As, of course, you know - ‘twas ever thus. Amongst the plentiful graffiti at Pompeii are various political exhortations, ranging from the demure Vote for Gaius Blah, he's a good chap, to the more loaded “The petty thieves urge you to elect Vatia as aedile,1” testimony to Pompeii’s vigorous political culture; but also a masterclass in the multiple meanings and readings inherent in any political statement. It's entirely possible, for instance, that Gaius is just a popular bloke. It's also possible that this is a paid-for promotional “poster”, authorised by his campaign manager - so just campaign wallpaper, of a type we’re all too familiar with. Similarly, Vatia (who’s also popular with Late Drinkers United) may simply be a hard-partying type who favours louche company - thus earning the support of a unionised, politically literate criminal fraternity - which, of course raises questions in itself: is this really what you want in your political representative? Or his endorsement could be an actively libellous commentary on his behaviour and politics.
Everyone always thinks we're all going to hell in a handcart. Politicians are always terrible (they're politicians). There's always at least one dodgy populist, leveraging the lowest common denominator and whipping up “unity” through factionalism and discrimination. Them’s the rules. The brilliant Roman satirist, Juvenal had a nice line in anti-Greek invective: coming over here, taking all our jobs, showing off by speaking - wait for it - perfect Greek (a sign of cultivation and sophistication in the Roman world); or, if you’re Juvenal, a symbol of an effete, decadent society in thrall to a bunch of dodgy foreign incomers. Rome is overrun. And no, he's not hysterical, he's a good and vigilant Roman (populists are always something responsible and defensive), doing his best to preserve its Roman “identity.” (Good luck with that one, at the heart of empire.) The enduring topicality of this particular trope is illustrated by the ethnic substitutions offered in the many “modern” renderings of the Third Satire: Dr. Johnson (see below) favours that Anglo-classic the French fop; a mid-18thc version2 goes for a wave of Scots; an early 20thc one3 - set at Oxford (the university) - introduces an influx of Indian and African students (to provide some context, apparently there were 32 Indian students at Oxford in 19074; the Oxford poem was first published in 1910). Interestingly, the latter two align most closely with Juvenal's original, because the displacement is directly related to England’s/Britain's territorial expansions; ultimately resulting in empire; meaning that the early 20thc contention will run and run, the manifest fall-out of that empire’s collapse.

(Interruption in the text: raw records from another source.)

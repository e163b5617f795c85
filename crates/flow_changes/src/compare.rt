//! The comparison of two configurations.
ghost use Rattle.std.specs.Prelude.{◌≡◌, ◌++◌, ℕ, ◌<◌, IfOk, List, OnErr, OnOk, Some, filter, length, map, slice_get};
ghost use Rattle.std.specs.Io.KnownBytes.{Appends};
ghost use Rattle.std.specs.List.{list_any};
ghost use Rattle.meter_theory.specs.Labels.{has};
ghost use Rattle.meter_theory.specs.Plan.{Client as ClientValue};
ghost use Rattle.flow_changes.specs.Changes as changes;
ghost use Rattle.flow_changes.specs.Facts.{common_facts, own_facts};
ghost use Rattle.flow_changes.specs.Shown.{kind_shown, shown};
ghost use Rattle.flow_map.specs.Kinds.{all_kinds};
ghost use Rattle.flow_changes.specs.Written.{AreCompared, WritesComparison, WritesSides};

use crate::cells::push_cells;
use crate::differences::reach_changes;
use crate::edges::push_edges;
use crate::fact::Fact;
use crate::owned::push_owned;
use crate::text::{first_line, lines_of, names_of};
use cosem_data::clients::ClientSet;
use cosem_data::memory::Memory;
use flow_map::kind::{Change, KINDS, Kind};
use flow_map::least::LeastMap;
use meter_theory::flow::Label;
use std::alloc::Global;
use std::io::Write;
use whole_writes::fault::ListFault;
use whole_writes::{WriteFailed, write_whole};

/// Writes how a new configuration differs from an old one: a line with the names of the clients that gain, and of each kind of
/// facts a line for each that only the new one has, then one for each that only the old one has. Says whether somebody gains. All
/// is made before the first byte is written.
///
/// # Errors
/// Memory was refused, and nothing was written; or a write failed, and a beginning of the text was written.
pub fn write_comparison<W: Write>(
    alloc: Global,
    old: &LeastMap<'_>,
    new: &LeastMap<'_>,
    writer: &mut W,
) -> Result<bool, ListFault>
    ensures { WritesComparison old.now.plan old.now.policy new.now.plan new.now.policy
        (W.contents writer.old) (W.contents writer.new) result }
{
    old.known();
    new.known();
    write_sides(alloc, old, new, writer)
}

/// The facts of one kind that are gained and lost.
#[derive(Drop)]
pub struct KindFacts<'a> {
    /// The kind.
    pub kind: Kind,
    /// What only the new configuration has, in its order.
    pub gained: Vec<Fact<'a>>,
    /// What only the old configuration has, in its order.
    pub lost: Vec<Fact<'a>>,
}

/// How a new configuration differs from an old one, for who shows that in other ways than [`write_comparison`].
#[derive(Drop)]
pub struct Comparison<'a> {
    /// What is gained and lost of each kind, in the order in which kinds are told.
    pub kinds: Vec<KindFacts<'a>>,
    /// The clients of the new configuration that gain.
    pub gainers: ClientSet,
    /// For each cell of the new configuration the clients that may influence and learn it and couldn't before.
    pub gained: Vec<Label>,
    /// For each cell of the new configuration the clients that may no longer influence and learn it.
    pub lost: Vec<Label>,
}

/// How a new configuration differs from an old one. The only error is want of memory.
pub fn compare<'a>(
    alloc: Global,
    old: &'a LeastMap<'a>,
    new: &'a LeastMap<'a>,
) -> Result<Comparison<'a>, Memory>
    ensures { IfOk result (AreCompared old.now new.now) }
{
    let mut kinds = Vec::new(alloc);
    let gainers = push_kinds(alloc, old, new, &mut kinds)?;
    let gained = reach_changes(alloc, Change::Gained, old, new)?;
    let lost = reach_changes(alloc, Change::Lost, old, new)?;
    Ok(Comparison {
        kinds,
        gainers,
        gained,
        lost,
    })
}

/// Writes how two sides differ, and tells whether somebody gains. All is made before the first byte is written.
fn write_sides<'a, W: Write>(
    alloc: Global,
    old: &'a LeastMap<'a>,
    new: &'a LeastMap<'a>,
    writer: &mut W,
) -> Result<bool, ListFault>
    ensures { WritesSides old.now new.now
        (W.contents writer.old) (W.contents writer.new) result }
{
    let mut kinds = Vec::new(alloc);
    let gaining = push_kinds(alloc, old, new, &mut kinds)?;
    let names = names_of(alloc, new.map().plan(), gaining)?;
    let first = first_line(alloc, &names)?;
    let lines = lines_of(alloc, &kinds)?;
    write_both(&first, lines.as_bytes(), writer)?;
    Ok(!names.is_empty())
}

/// Writes one text and then another.
fn write_both<W: Write>(first: &[u8], second: &[u8], writer: &mut W) -> Result<(), WriteFailed>
    ensures ok { OnOk result
        (Appends (W.contents writer.old) (W.contents writer.new) (first.now ++ second.now)) }
    // A beginning was written, and something is left.
    ensures err { OnErr result ((front : List ℕ) × (left : List ℕ) × (first.now ++ second.now ≡ front ++ left)
        × Appends (W.contents writer.old) (W.contents writer.new) front
        × (0 < length left)) }
{
    match write_whole(writer, first) {
        Ok(()) => write_whole(writer, second),
        Err(failed) => Err(failed),
    }
}

/// Puts what is gained and lost of each kind behind other kinds, and gives the clients of the new side that gain.
fn push_kinds<'a>(
    alloc: Global,
    old: &'a LeastMap<'a>,
    new: &'a LeastMap<'a>,
    kinds: &mut Vec<KindFacts<'a>>,
) -> Result<ClientSet, Memory>
    ensures kinds { OnOk result (map kind_shown kinds.new.items ≡ map kind_shown kinds.old.items
        ++ map (changes.changes_of_kind old.now new.now) all_kinds) }
    ensures clients { IfOk result (λ set. (c : ℕ) (client : ClientValue) →
        slice_get new.now.plan.clients c ≡ Some client →
        has set c ≡ changes.gains old.now new.now (c, client)) }
{
    let mut gaining = ClientSet::new();
    for kind in KINDS {
        let mut gained = Vec::new(alloc);
        let mut lost = Vec::new(alloc);
        let owners = push_facts(alloc, kind, new, old, &mut gained)?;
        push_facts(alloc, kind, old, new, &mut lost)?;
        kinds.push(KindFacts { kind, gained, lost })?;
        gaining = gaining.union(owners);
    }
    Ok(gaining)
}

/// Puts the facts of a kind behind others that the other side lacks, and gives the clients whose own one is.
fn push_facts<'a>(
    alloc: Global,
    kind: Kind,
    mine: &'a LeastMap<'a>,
    theirs: &'a LeastMap<'a>,
    facts: &mut Vec<Fact<'a>>,
) -> Result<ClientSet, Memory>
    ensures facts { OnOk result (map shown facts.new.items ≡ map shown facts.old.items
        ++ changes.gained (theirs.now) (mine.now) kind) }
    ensures clients { let C = mine.now in let D = theirs.now in
        IfOk result (λ set. (c : ℕ) (client : ClientValue) → slice_get C.plan.clients c ≡ Some client →
        has set c ≡ list_any (changes.lacks D C kind) (own_facts C D kind (c, client))) }
{
    let owners = push_owned(alloc, kind, mine, theirs, facts)?;
    push_common(alloc, kind, mine, theirs, facts)?;
    Ok(owners)
}

/// Puts the facts of a kind behind others that are no client's and that the other side lacks.
fn push_common(
    alloc: Global,
    kind: Kind,
    mine: &LeastMap<'_>,
    theirs: &LeastMap<'_>,
    facts: &mut Vec<Fact<'_>>,
) -> Result<(), Memory>
    ensures { let C = mine.now in let D = theirs.now in
        OnOk result (map shown facts.new.items ≡ map shown facts.old.items
        ++ filter (changes.lacks D C kind) (common_facts C kind)) }
{
    match kind {
        Kind::Cell => push_cells(mine.map().cells(), theirs.map().plan(), facts),
        Kind::Edge => {
            let theirs = theirs.map();
            push_edges(
                alloc,
                mine.map().table(),
                theirs.plan(),
                theirs.table(),
                facts,
            )
        }
        _ => Ok(()),
    }
}
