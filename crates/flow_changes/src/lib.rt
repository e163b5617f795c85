//! How a configuration differs from an earlier one: which facts are told of it that weren't of the other, which no longer
//! are, and which clients gain by that (own profile).
//!
//! The definitions stand in `specs/`: the facts of a configuration (`Facts`), what is gained and lost and the text of it
//! (`Changes`), what the facts of the code say (`Shown`), and how a comparison is written (`Written`). The theorems are the
//! functions of [`laws`].
//!
//! - [`compare::compare`] tells how two configurations differ, and [`compare::write_comparison`] writes it.
#![tactic(auto)]

mod cells;
mod clients;
pub mod compare;
mod differences;
mod edges;
pub mod fact;
mod labels;
pub mod laws;
mod namesakes;
mod owned;
mod reaches;
mod rights;
mod text;
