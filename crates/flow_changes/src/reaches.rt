//! Cells that a client may reach, or is allowed to.
ghost use Rattle.std.specs.Prelude.{◌≡◌, ◌++◌, OnOk, length, map};
ghost use Rattle.cosem_data.specs.declared.cell.CellRef.{CellRef as CellValue};
ghost use Rattle.flow_changes.specs.Shown.{shown};
ghost use Rattle.flow_changes.specs.Singles.{is_new_reach, is_old_reach, is_other_in, reach_facts, reached_facts};
ghost use Rattle.flow_changes.specs.declared.labels.Pair.{Pair as PairValue};

use crate::fact::Fact;
use crate::labels::Pair;
use crate::namesakes::Namesakes;
use cosem_data::cell::CellRef;
use cosem_data::clients::ClientSet;
use cosem_data::memory::Memory;
use label_certificate::label_sets::set_for;
use meter_theory::flow::Reach;

/// Puts a fact behind others for each of these cells that a client influences and the other, if it is one, doesn't, then for
/// each that it learns. What both sides say of each cell is given.
pub(crate) fn push_reaches<'a>(
    who: &Namesakes<'a>,
    cells: &[CellRef],
    pairs: &[Pair],
    facts: &mut Vec<Fact<'a>>,
) -> Result<(), Memory>
    requires { length pairs.now ≡ length cells.now }
    ensures { (pair : CellValue → PairValue) → pairs.now ≡ map pair cells.now →
        OnOk result (map shown facts.new.items ≡ map shown facts.old.items
        ++ reached_facts who.now.name.now who.now.client who.now.other pair cells.now) }
{
    push_reach(Reach::Influence, who, cells, pairs, facts)?;
    push_reach(Reach::Learn, who, cells, pairs, facts)
}

/// The same of one reach.
fn push_reach<'a>(
    reach: Reach,
    who: &Namesakes<'a>,
    cells: &[CellRef],
    pairs: &[Pair],
    facts: &mut Vec<Fact<'a>>,
) -> Result<(), Memory>
    requires { length pairs.now ≡ length cells.now }
    ensures { (pair : CellValue → PairValue) → pairs.now ≡ map pair cells.now →
        OnOk result (map shown facts.new.items ≡ map shown facts.old.items
        ++ reach_facts who.now.name.now reach who.now.client who.now.other pair cells.now) }
{
    for (number, cell) in cells.iter().enumerate() {
        if is_new(reach, who.client, who.other, &pairs[number]) {
            facts.push(Fact::Reaches {
                client: who.name,
                reach,
                cell: *cell,
            })?;
        }
    }
    Ok(())
}

/// Whether a client reaches a cell that the other doesn't.
pub(crate) fn is_new(reach: Reach, client: u8, other: Option<u8>, pair: &Pair) -> bool
    ensures { result ≡ is_new_reach reach client other pair.now }
{
    set_for(reach, pair.mine).has(client) && !is_in(other, set_for(reach, pair.theirs))
}

/// Whether the other client reaches a cell that this one doesn't.
pub(crate) fn is_old(reach: Reach, client: u8, other: Option<u8>, pair: &Pair) -> bool
    ensures { result ≡ is_old_reach reach client other pair.now }
{
    is_in(other, set_for(reach, pair.theirs)) && !set_for(reach, pair.mine).has(client)
}

/// Whether a client, if it is one, is in a set.
fn is_in(client: Option<u8>, set: ClientSet) -> bool
    ensures { result ≡ is_other_in client set }
{
    match client {
        Some(client) => set.has(client),
        None => false,
    }
}
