//! Clients of two configurations that have one name.
use flow_map::outline::Outline;

/// A client of a plan with its name, and the client with this name in another plan, if there is one.
#[derive(Clone, Copy)]
pub(crate) struct Namesakes<'a> {
    pub(crate) name: &'a str,
    pub(crate) plan: &'a Outline<'a>,
    pub(crate) client: u8,
    pub(crate) other_plan: &'a Outline<'a>,
    pub(crate) other: Option<u8>,
}
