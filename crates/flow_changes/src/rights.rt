//! What a client may see, get, set and call.
ghost use Rattle.std.specs.Prelude.{◌≡◌, ◌++◌, ◌==◌, ◌∷◌, [], OnOk, filter, flat_map, map};
ghost use Rattle.meter_theory.specs.Lists.{some_passes};
ghost use Rattle.meter_theory.specs.Plan.{class_of, object_at};
ghost use Rattle.flow_changes.specs.Facts as facts_told;
ghost use Rattle.flow_changes.specs.Shown.{shown};
ghost use Rattle.flow_changes.specs.Singles as singles;

use crate::fact::Fact;
use crate::namesakes::Namesakes;
use cosem_data::cell::CellRef;
use cosem_data::memory::Memory;
use cosem_data::name::LogicalName;
use flow_map::outline::{ObjectOutline, Outline, RightsAt};
use meter_theory::flow::Access;

/// Puts a fact behind others for each right of a client that the other, if it is one, lacks, object by object.
pub(crate) fn push_rights<'a>(who: &Namesakes<'a>, facts: &mut Vec<Fact<'a>>) -> Result<(), Memory>
    ensures { OnOk result (map shown facts.new.items ≡ map shown facts.old.items
        ++ flat_map (singles.right_facts who.now.name.now who.now.plan.now who.now.client who.now.other_plan.now who.now.other)
        who.now.plan.now.objects) }
{
    for object in who.plan.objects() {
        push_rights_on(who, object, facts)?;
    }
    Ok(())
}

/// The same of one object.
fn push_rights_on<'a>(
    who: &Namesakes<'a>,
    object: &ObjectOutline<'_>,
    facts: &mut Vec<Fact<'a>>,
) -> Result<(), Memory>
    ensures { OnOk result (map shown facts.new.items ≡ map shown facts.old.items
        ++ singles.right_facts who.now.name.now who.now.plan.now who.now.client who.now.other_plan.now who.now.other object.now) }
{
    let instance = who.plan.rights_at(&object.name());
    push_view(who, &instance, object, facts)?;
    push_access(Access::Get, who, &instance, object, facts)?;
    push_access(Access::Set, who, &instance, object, facts)?;
    push_access(Access::Act, who, &instance, object, facts)
}

/// Puts behind facts that an object is in the view of a client, where it is and isn't in that of the other.
fn push_view<'a>(
    who: &Namesakes<'a>,
    instance: &RightsAt<'_>,
    object: &ObjectOutline<'_>,
    facts: &mut Vec<Fact<'a>>,
) -> Result<(), Memory>
    requires { object.now.name ≡ instance.now.name }
    ensures { OnOk result (map shown facts.new.items ≡ map shown facts.old.items
        ++ singles.view_facts who.now.name.now instance.now.plan who.now.client who.now.other_plan.now who.now.other object.now) }
{
    let name = object.name();
    let class_id = object.class_id();
    if instance.has_right(who.client) && !has_view(who.other_plan, who.other, class_id, &name) {
        facts.push(Fact::Views {
            client: who.name,
            class_id,
            object: name,
        })?;
    }
    Ok(())
}

/// Puts a fact behind others for each attribute or method of an object that the rights of a client allow, and those of the
/// other don't.
fn push_access<'a>(
    access: Access,
    who: &Namesakes<'a>,
    instance: &RightsAt<'_>,
    object: &ObjectOutline<'_>,
    facts: &mut Vec<Fact<'a>>,
) -> Result<(), Memory>
    requires { object.now.name ≡ instance.now.name }
    ensures { OnOk result (map shown facts.new.items ≡ map shown facts.old.items
        ++ singles.access_facts who.now.name.now access instance.now.plan who.now.client who.now.other_plan.now who.now.other object.now) }
{
    let name = object.name();
    let class_id = object.class_id();
    let highest = access.highest(&object.interface());
    let mut index = 0;
    while index < highest {
        index += 1;
        let member = CellRef {
            class_id,
            name,
            index,
        };
        push_member(access, who, instance, &member, facts)?;
    }
    Ok(())
}

/// Puts an attribute or method behind facts, where a right of the client allows it and none of the other does.
fn push_member<'a>(
    access: Access,
    who: &Namesakes<'a>,
    instance: &RightsAt<'_>,
    member: &CellRef,
    facts: &mut Vec<Fact<'a>>,
) -> Result<(), Memory>
    requires { member.now.name ≡ instance.now.name }
    ensures { OnOk result (map shown facts.new.items ≡ map shown facts.old.items
        ++ map (facts_told.Holds who.now.name.now access)
        (filter (singles.is_new_right access instance.now.plan who.now.client who.now.other_plan.now who.now.other) (member.now ∷ []))) }
{
    if is_new_right(access, who, instance, member) {
        facts.push(Fact::Holds {
            client: who.name,
            access,
            member: *member,
        })?;
    }
    Ok(())
}

/// Whether a right of the client allows an access, and none of the other does.
fn is_new_right(
    access: Access,
    who: &Namesakes<'_>,
    instance: &RightsAt<'_>,
    member: &CellRef,
) -> bool
    requires { member.now.name ≡ instance.now.name }
    ensures { result ≡ singles.is_new_right access instance.now.plan who.now.client who.now.other_plan.now who.now.other member.now }
{
    instance.is_granted(access, who.client, member.index)
        && !is_held(who.other_plan, who.other, access, member)
}

/// Whether a client, if it is one, has an object of this class and name in its view by a right.
fn has_view(plan: &Outline<'_>, client: Option<u8>, class_id: u16, name: &LogicalName) -> bool
    ensures { result ≡ singles.sees plan.now client class_id name.now }
{
    let Some(client) = client else {
        return false;
    };
    let instance = plan.rights_at(name);
    instance.is_of_class(class_id) && instance.has_right(client)
}

/// Whether a right of a client, if it is one, allows an access to the attribute or method of an object of this class.
fn is_held(plan: &Outline<'_>, client: Option<u8>, access: Access, member: &CellRef) -> bool
    ensures { result ≡ singles.is_held plan.now client access member.now }
{
    let Some(client) = client else {
        return false;
    };
    let instance = plan.rights_at(&member.name);
    instance.is_of_class(member.class_id) && instance.is_granted(access, client, member.index)
}
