//! The facts that are a client's own.
ghost use Rattle.std.specs.Prelude.{◌≡◌, ◌++◌, ℕ, IfOk, OnOk, Some, filter, flat_map, map, option_and_then, option_map, slice_get};
ghost use Rattle.std.specs.List.{list_any};
ghost use Rattle.meter_theory.specs.Labels.{has};
ghost use Rattle.meter_theory.specs.Plan.{Client as ClientValue};
ghost use Rattle.flow_changes.specs.Changes.{lacks};
ghost use Rattle.flow_changes.specs.Facts.{numbered, own_facts};
ghost use Rattle.flow_changes.specs.Shown.{shown};
ghost use Rattle.flow_changes.specs.Singles.{ArePairs};

use crate::clients::push_client;
use crate::fact::Fact;
use crate::labels::{Pair, pairs_of};
use crate::namesakes::Namesakes;
use crate::reaches::push_reaches;
use crate::rights::push_rights;
use cosem_data::clients::ClientSet;
use cosem_data::memory::Memory;
use flow_map::kind::Kind;
use flow_map::least::LeastMap;
use flow_map::outline::{ClientOutline, Outline};
use std::alloc::Global;

/// Puts the facts of a kind behind others that are a client's own and that the other side lacks, client by client, and gives
/// the clients of which there is one.
pub(crate) fn push_owned<'a>(
    alloc: Global,
    kind: Kind,
    mine: &'a LeastMap<'a>,
    theirs: &'a LeastMap<'a>,
    facts: &mut Vec<Fact<'a>>,
) -> Result<ClientSet, Memory>
    ensures facts { let C = mine.now in let D = theirs.now in
        OnOk result (map shown facts.new.items ≡ map shown facts.old.items
        ++ filter (lacks D C kind) (flat_map (own_facts C D kind) (numbered C.plan))) }
    ensures clients { let C = mine.now in let D = theirs.now in
        IfOk result (λ set. (c : ℕ) (client : ClientValue) → slice_get C.plan.clients c ≡ Some client →
        has set c ≡ list_any (lacks D C kind) (own_facts C D kind (c, client))) }
{
    mine.map().known();
    let plan = mine.map().plan();
    let pairs = pairs_for(alloc, kind, mine, theirs)?;
    let sides = Sides {
        kind,
        mine,
        theirs,
        pairs: &pairs,
    };
    let mut owners = ClientSet::new();
    let mut place = 0;
    while let Some(client) = plan.client(place) {
        let before = facts.len();
        push_own(&sides, place, client, facts)?;
        if before < facts.len() {
            owners = owners.with(place);
        }
        place += 1;
    }
    Ok(owners)
}

/// For kinds of cells that clients reach what both sides say of each cell.
pub(crate) fn pairs_for(
    alloc: Global,
    kind: Kind,
    mine: &LeastMap<'_>,
    theirs: &LeastMap<'_>,
) -> Result<Vec<Pair>, Memory>
    ensures { IfOk result (λ pairs.
        ArePairs kind (mine.now) (theirs.now) pairs.items) }
{
    let cells = mine.map().cells();
    let plan = theirs.map().plan();
    match kind {
        Kind::May => pairs_of(alloc, kind, cells, mine.reached(), plan, theirs.reached()),
        Kind::Allowed => pairs_of(
            alloc,
            kind,
            cells,
            mine.map().allowed(),
            plan,
            theirs.map().allowed(),
        ),
        _ => Ok(Vec::new(alloc)),
    }
}

/// A kind of facts, the side that has them, the side that may lack them, and what both say of each cell.
#[derive(Clone, Copy, Drop)]
struct Sides<'a, 'b> {
    kind: Kind,
    mine: &'a LeastMap<'a>,
    theirs: &'a LeastMap<'a>,
    pairs: &'b [Pair],
}

/// Puts the facts of a kind behind others that are this client's own and that the other side lacks.
fn push_own<'a>(
    sides: &Sides<'a, '_>,
    place: u8,
    client: &'a ClientOutline<'a>,
    facts: &mut Vec<Fact<'a>>,
) -> Result<(), Memory>
    requires client { slice_get sides.now.mine.now.plan.clients place ≡ Some client.now }
    requires pairs { ArePairs sides.now.kind sides.now.mine.now sides.now.theirs.now sides.now.pairs.now }
    ensures { let C = sides.now.mine.now in let D = sides.now.theirs.now in let kind = sides.now.kind in
        OnOk result (map shown facts.new.items ≡ map shown facts.old.items
        ++ filter (lacks D C kind) (own_facts C D kind (place, client.now))) }
{
    let Sides {
        kind,
        mine,
        theirs,
        pairs,
    } = *sides;
    theirs.map().known();
    let other_plan = theirs.map().plan();
    let who = Namesakes {
        name: client.name_text(),
        plan: mine.map().plan(),
        client: place,
        other_plan,
        other: other_plan.client_named(client.name()),
    };
    match kind {
        Kind::May => push_reaches(&who, mine.map().cells(), pairs, facts),
        Kind::Allowed => push_reaches(&who, mine.map().cells(), pairs, facts),
        Kind::Right => push_rights(&who, facts),
        Kind::Client => push_client(client, client_at(other_plan, who.other), facts),
        Kind::Cell | Kind::Edge => Ok(()),
    }
}

/// The client at a place, if it is one.
fn client_at<'a>(plan: &'a Outline<'a>, place: Option<u8>) -> Option<&'a ClientOutline<'a>>
    ensures { option_map (λ client. client.now) result
        ≡ option_and_then (slice_get plan.now.clients) place }
{
    match place {
        Some(place) => plan.client(place),
        None => None,
    }
}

But Juvenal also has important things to say about poverty, housing, the dangers of a city where daily life is founded on a punitive inequity, which we can take seriously; and - sadly - are still entirely relevant today: apartment buildings regularly collapse, killing their residents, because jerry-building and poor maintenance are more profitable for landlords; fires rip through; poverty is a trap. One of the Third Satire’s most famous observations is “it's not easy to rise in the world for those whose straitened domestic circumstances obstruct their abilities”; capitalised by Samuel Johnson in his magisterial “Imitation,” London: A Satire (1738), it's so important: “SLOW RISES WORTH, BY POVERTY DEPRESS’D”5; a truth which should, of course, be universally acknowledged, but is far more frequently denied; especially by politicians - because then they might have to try and do something about it; which isn't easy. Far better (most politicians) to make poverty the poor person's responsibility:
All crimes are safe, but hateful poverty.
This, only this, the rigid law pursues.
(Johnson again.)
Or, skipping ahead to the nascent struggles of the party system in early 18thc England (when politicians began to roughly align under the novel designations Whig or Tory), how about William Shippen’s gloomy assessment that ”all around is Hell and Anarchy,” in his pamphlet poem Moderation Display’d? Shippen, like Juvenal (when he's obsessing about Greeks), is combining press and PR for the nasty party - there’re complicated political manoeuvrings regarding Jacobitism, religious conformity and so on, which we don't need to take into account here, for the general argument which is:
How Civil Discord and Intestine Rage
Have boil’d in ev’ry Nation, ev’ry Age…
Now Plots are form’d, and publick Tempests rowl…
while, also, like Juvenal, taking the precaution of presenting contention in anonymous literary guise (although there's no comparison between their poetic abilities); a political negotiation in itself to ensure survival. Political assessment though?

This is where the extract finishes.